Source data.

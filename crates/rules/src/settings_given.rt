// What an opening makes of the settings that it is given.
ghost use Rattle.rules.specs.laws.Rounding.{BoundIsNearest, NoOtherIsNearest, BoundIsAtMostTheLimit, BoundIsZeroUpToAHalf};
ghost use Rattle.rules.specs.laws.Openings.{SettingsPastTheCountAreNotRead, RefusalThreeIsABoundOfZero};

/// The balance bound D of a feeder is c × N / 100 rounded to the nearest whole number, an exact half to the even one. It is at most N, and
/// 0 exactly where c × N is at most 50.
#[tactic(auto, using(crate::proofs::Rounding::bound_nearest, crate::proofs::Rounding::nearest_only, crate::proofs::Rounding::bound_at_most, crate::proofs::Rounding::bound_zero))]
pub fn bound_rounding()
    ensures nearest { BoundIsNearest }
    ensures no_other { NoOtherIsNearest }
    ensures within_limit { BoundIsAtMostTheLimit }
    ensures zero { BoundIsZeroUpToAHalf }
{}

/// An opening reads no settings past the count of feeders, and is refused with 3 exactly where the bound of a feeder is 0.
#[tactic(auto, using(crate::proofs::Openings::past_the_count, crate::proofs::Rounding::refused_three))]
pub fn settings_read()
    ensures past_the_count { SettingsPastTheCountAreNotRead }
    ensures refused_three { RefusalThreeIsABoundOfZero }
{}
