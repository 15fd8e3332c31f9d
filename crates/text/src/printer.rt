// Text that is printed: each function puts its text behind what stands there.
ghost use Rattle.std.specs.Prelude.{◌≡◌, ◌+◌, ◌*◌, ◌≤◌, ◌∷◌, [], ◌++◌, length};
ghost use Rattle.text.specs.Numbers.{decimal};
ghost use Rattle.text.specs.Printed.{field, listed, fields_text, fields_of, room_of};

use crate::Text;
use itoa::Buffer;

// A number is printed by `itoa`, and not by `write!`: what the library promises of `write!` holds only where it answers `Ok`, and that
// it does is promised nowhere, so that printing, which cannot fail, could.
impl<const N: usize> Text<N> {
    pub fn push(&mut self, byte: u8)
        requires { length self.old + 1 ≤ N }
        ensures { self.new ≡ self.old ++ byte ∷ [] }
    {
        self.bytes[self.length] = byte;
        self.length += 1;
    }

    pub fn print(&mut self, text: &[u8])
        requires { length self.old + length text.now ≤ N }
        ensures { self.new ≡ self.old ++ text.now }
    {
        let end = self.length + text.len();
        // A slice first: no part with a start is lent of an array of N places.
        let bytes = &mut self.bytes[..];
        bytes[self.length..end].copy_from_slice(text);
        self.length = end;
    }

    // The digits of n, the most significant first.
    fn print_number(&mut self, n: u64)
        requires { length self.old + length (decimal n) ≤ N }
        ensures { self.new ≡ self.old ++ decimal n }
    {
        let mut buffer = Buffer::new();
        let digits = buffer.format(n).as_bytes();
        self.print(digits);
    }

    // A text and a number after it. A number has at most 20 digits.
    pub fn print_field(&mut self, text: &[u8], n: u64)
        requires { length self.old + length text.now + 20 ≤ N }
        ensures printed { self.new ≡ self.old ++ field text.now n }
        ensures upper_bound { length self.new ≤ length self.old + length text.now + 20 }
    {
        self.print(text);
        self.print_number(n);
    }

    // Numbers, each after a text, and a line feed.
    pub fn print_fields(&mut self, fields: &[(&[u8], u64)])
        requires { length self.old + room_of (fields_of fields.now) ≤ N }
        ensures { self.new ≡ self.old ++ fields_text (fields_of fields.now) }
    {
        for (text, n) in fields {
            self.print_field(text, *n);
        }
        self.push(b'\n');
    }

    // The numbers of a list, each after a space.
    pub fn print_list(&mut self, list: &[u32])
        requires { length self.old + 21 * length list.now ≤ N }
        ensures printed { self.new ≡ self.old ++ listed list.now }
        ensures upper_bound { length self.new ≤ length self.old + 21 * length list.now }
    {
        for n in list {
            self.print_field(b" ", u64::from(*n));
        }
    }
}
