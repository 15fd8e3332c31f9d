// That the worked cases hold.
ghost use Rattle.rules.specs.Cases.{CasesHold, StationCasesHold, CandidatesHold, OrderCandidatesHold};

/// The rules give what the arrays of worked cases have: answers, lists, counted minutes and queues, and for a candidate start the verdict and
/// the number of minutes looked at.
#[tactic(auto, using(crate::proofs::Cases::cases_hold, crate::proofs::Cases::stations_hold, crate::proofs::Cases::candidates_hold, crate::proofs::Cases::orders_hold))]
pub fn cases_hold()
    ensures cases { CasesHold }
    ensures stations { StationCasesHold }
    ensures candidates { CandidatesHold }
    ensures orders { OrderCandidatesHold }
{}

Problem description. Across the listing above, report every line where "ghost" occurs.

Worked solution.
ghost use Rattle.rules.specs.laws.Rounding.{BoundIsNearest, NoOtherIsNearest, BoundIsAtMostTheLimit, BoundIsZeroUpToAHalf};
ghost use Rattle.rules.specs.laws.Openings.{SettingsPastTheCountAreNotRead, RefusalThreeIsABoundOfZero};
ghost use Rattle.std.specs.Prelude.{◌≡◌, ◌+◌, ◌*◌, ◌≤◌, ◌∷◌, [], ◌++◌, length};
ghost use Rattle.text.specs.Numbers.{decimal};
ghost use Rattle.text.specs.Printed.{field, listed, fields_text, fields_of, room_of};
ghost use Rattle.rules.specs.Cases.{CasesHold, StationCasesHold, CandidatesHold, OrderCandidatesHold};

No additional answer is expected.